■ **TASK DIRECTIONS**:
Starting at the line that contains "filename crates/gq_reply/src/text.rt" and ending at the line that contains "bytes.items ≡ text reply.now)", the lines below are to be given again exactly, with nothing added.

■ **GIVEN INFORMATION**:
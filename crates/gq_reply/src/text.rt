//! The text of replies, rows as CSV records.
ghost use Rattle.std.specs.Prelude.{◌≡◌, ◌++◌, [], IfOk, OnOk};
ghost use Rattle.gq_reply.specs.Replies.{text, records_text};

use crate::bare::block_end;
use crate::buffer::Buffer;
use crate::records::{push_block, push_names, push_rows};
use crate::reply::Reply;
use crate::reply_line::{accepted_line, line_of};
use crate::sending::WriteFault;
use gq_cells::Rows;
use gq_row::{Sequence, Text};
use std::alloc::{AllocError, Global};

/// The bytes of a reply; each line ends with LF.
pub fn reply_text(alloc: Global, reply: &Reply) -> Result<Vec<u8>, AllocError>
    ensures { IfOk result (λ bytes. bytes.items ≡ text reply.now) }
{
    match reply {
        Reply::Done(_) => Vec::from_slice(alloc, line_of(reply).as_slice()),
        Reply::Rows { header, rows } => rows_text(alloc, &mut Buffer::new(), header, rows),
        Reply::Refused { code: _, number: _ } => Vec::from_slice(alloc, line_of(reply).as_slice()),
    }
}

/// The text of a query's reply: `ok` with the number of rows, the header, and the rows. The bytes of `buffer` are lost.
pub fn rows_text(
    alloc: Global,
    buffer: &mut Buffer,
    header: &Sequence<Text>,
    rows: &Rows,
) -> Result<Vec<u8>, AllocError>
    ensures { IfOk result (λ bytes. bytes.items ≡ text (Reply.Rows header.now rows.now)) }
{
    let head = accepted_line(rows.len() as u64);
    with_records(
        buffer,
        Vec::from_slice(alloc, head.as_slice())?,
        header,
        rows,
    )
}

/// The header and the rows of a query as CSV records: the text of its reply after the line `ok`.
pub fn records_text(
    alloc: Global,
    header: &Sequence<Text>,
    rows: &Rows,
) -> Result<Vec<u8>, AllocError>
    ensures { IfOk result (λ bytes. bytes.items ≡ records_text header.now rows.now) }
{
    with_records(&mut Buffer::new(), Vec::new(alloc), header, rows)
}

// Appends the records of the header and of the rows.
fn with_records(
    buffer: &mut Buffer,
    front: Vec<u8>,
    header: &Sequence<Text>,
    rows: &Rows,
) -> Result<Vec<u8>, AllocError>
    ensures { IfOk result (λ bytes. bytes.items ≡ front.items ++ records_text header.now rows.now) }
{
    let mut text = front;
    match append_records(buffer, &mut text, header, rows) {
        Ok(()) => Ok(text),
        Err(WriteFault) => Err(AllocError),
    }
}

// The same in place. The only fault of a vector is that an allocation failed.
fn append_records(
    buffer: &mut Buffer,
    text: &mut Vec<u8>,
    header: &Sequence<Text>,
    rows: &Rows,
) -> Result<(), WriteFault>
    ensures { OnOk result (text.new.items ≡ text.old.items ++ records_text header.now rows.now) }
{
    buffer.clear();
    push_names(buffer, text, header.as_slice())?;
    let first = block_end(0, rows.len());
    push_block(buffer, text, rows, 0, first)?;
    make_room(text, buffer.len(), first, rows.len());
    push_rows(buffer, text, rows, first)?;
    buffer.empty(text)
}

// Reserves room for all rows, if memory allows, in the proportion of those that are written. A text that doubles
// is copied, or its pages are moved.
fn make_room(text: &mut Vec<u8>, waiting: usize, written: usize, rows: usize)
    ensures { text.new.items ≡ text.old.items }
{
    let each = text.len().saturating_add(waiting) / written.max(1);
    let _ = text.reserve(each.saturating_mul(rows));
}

==

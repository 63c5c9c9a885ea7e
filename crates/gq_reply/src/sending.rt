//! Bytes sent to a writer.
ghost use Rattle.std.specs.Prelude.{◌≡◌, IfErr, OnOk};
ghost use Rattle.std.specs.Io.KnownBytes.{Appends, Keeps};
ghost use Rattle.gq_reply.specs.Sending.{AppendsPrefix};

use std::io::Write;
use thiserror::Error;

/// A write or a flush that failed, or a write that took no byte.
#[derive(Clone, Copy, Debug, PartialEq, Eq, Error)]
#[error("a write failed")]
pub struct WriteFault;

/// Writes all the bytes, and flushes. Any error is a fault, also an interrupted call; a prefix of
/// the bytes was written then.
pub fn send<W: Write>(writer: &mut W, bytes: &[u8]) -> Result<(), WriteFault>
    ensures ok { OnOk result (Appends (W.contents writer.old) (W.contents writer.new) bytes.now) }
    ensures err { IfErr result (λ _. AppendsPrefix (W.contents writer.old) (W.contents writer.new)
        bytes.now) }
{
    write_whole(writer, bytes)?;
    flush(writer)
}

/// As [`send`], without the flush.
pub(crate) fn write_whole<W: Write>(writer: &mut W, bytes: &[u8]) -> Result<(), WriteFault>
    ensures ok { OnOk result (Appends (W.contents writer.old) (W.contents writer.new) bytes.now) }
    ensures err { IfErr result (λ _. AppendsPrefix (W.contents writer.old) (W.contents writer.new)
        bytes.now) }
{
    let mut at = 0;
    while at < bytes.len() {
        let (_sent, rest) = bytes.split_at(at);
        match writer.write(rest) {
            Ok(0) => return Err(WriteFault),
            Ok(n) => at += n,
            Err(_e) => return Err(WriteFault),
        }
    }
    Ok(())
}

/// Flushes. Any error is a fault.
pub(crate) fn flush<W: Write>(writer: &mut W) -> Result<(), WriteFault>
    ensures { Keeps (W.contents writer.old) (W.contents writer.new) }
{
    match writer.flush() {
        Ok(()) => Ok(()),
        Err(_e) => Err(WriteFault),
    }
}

■ **SOLUTION FOR THIS TASK**:
filename crates/gq_reply/src/text.rt
//! The text of replies, rows as CSV records.
ghost use Rattle.std.specs.Prelude.{◌≡◌, ◌++◌, [], IfOk, OnOk};
ghost use Rattle.gq_reply.specs.Replies.{text, records_text};

use crate::bare::block_end;
use crate::buffer::Buffer;
use crate::records::{push_block, push_names, push_rows};
use crate::reply::Reply;
use crate::reply_line::{accepted_line, line_of};
use crate::sending::WriteFault;
use gq_cells::Rows;
use gq_row::{Sequence, Text};
use std::alloc::{AllocError, Global};

/// The bytes of a reply; each line ends with LF.
pub fn reply_text(alloc: Global, reply: &Reply) -> Result<Vec<u8>, AllocError>
    ensures { IfOk result (λ bytes. bytes.items ≡ text reply.now) }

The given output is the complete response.